München – Die Sitzung des Münchner Stadtrates am Mittwoch war schon etwas Besonders für Clemens Baumgärtner (CSU). Denn es war seine letzte als Münchner Wirtschaftsreferent. Der 48-Jährige hatte das Amt 2019 angetreten – damals noch mit einer Stadtratsmehrheit aus CSU und SPD.

Wirtschaftsreferat: Grüne und SPD hatten Ingolstadts OB Christian Scharpf ins Amt gewählt

Die neue Rathaus-Regierung aus Grünen und SPD hatte ihm aber keine zweite Amtszeit spendiert und den nun ehemaligen Oberbürgermeister aus Ingolstadt Christian Scharpf (SPD) zum Nachfolger bestimmt. Baumgärtner wiederum wird der Politik erhalten bleiben, die CSU hat ihn bekanntlich zum OB-Kandidaten gewählt – und damit zum Gegner von Münchens OB Dieter Reiter (SPD).

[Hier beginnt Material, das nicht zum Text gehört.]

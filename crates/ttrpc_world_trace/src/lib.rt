//! The events of one client and one server over two byte pipes, their replies, and the properties of a trace of them for each
//! call and stream. Laws of the frames between the two are in `flight`. The state of one call and its possible changes are in
//! definitions and lemmas only.
#![tactic(auto)]

mod events;
pub mod flight;
pub mod laws;

pub use events::{Entry, Event, Reply, Side, StreamEnd, Trace};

Der fand am Mittwoch aber doch sehr viel lobende Worte für den scheidenden Referenten. „Es ist eine Merkwürdigkeit, dass ich als amtierender Rathaus-Chef eine durchaus nicht negative Laudatio auf meinen Gegenkandidaten halten darf“, sagte Reiter. Sechs Jahre lang habe er mit Baumgärtner gut zusammengearbeitet, und dieser habe viel für die Wirtschaft geleistet, sich etwa für die Internationale Automobilausstellung (IAA) und deren Fortführung eingesetzt, in einer Zeit, in der es der Branche nicht gutgeht.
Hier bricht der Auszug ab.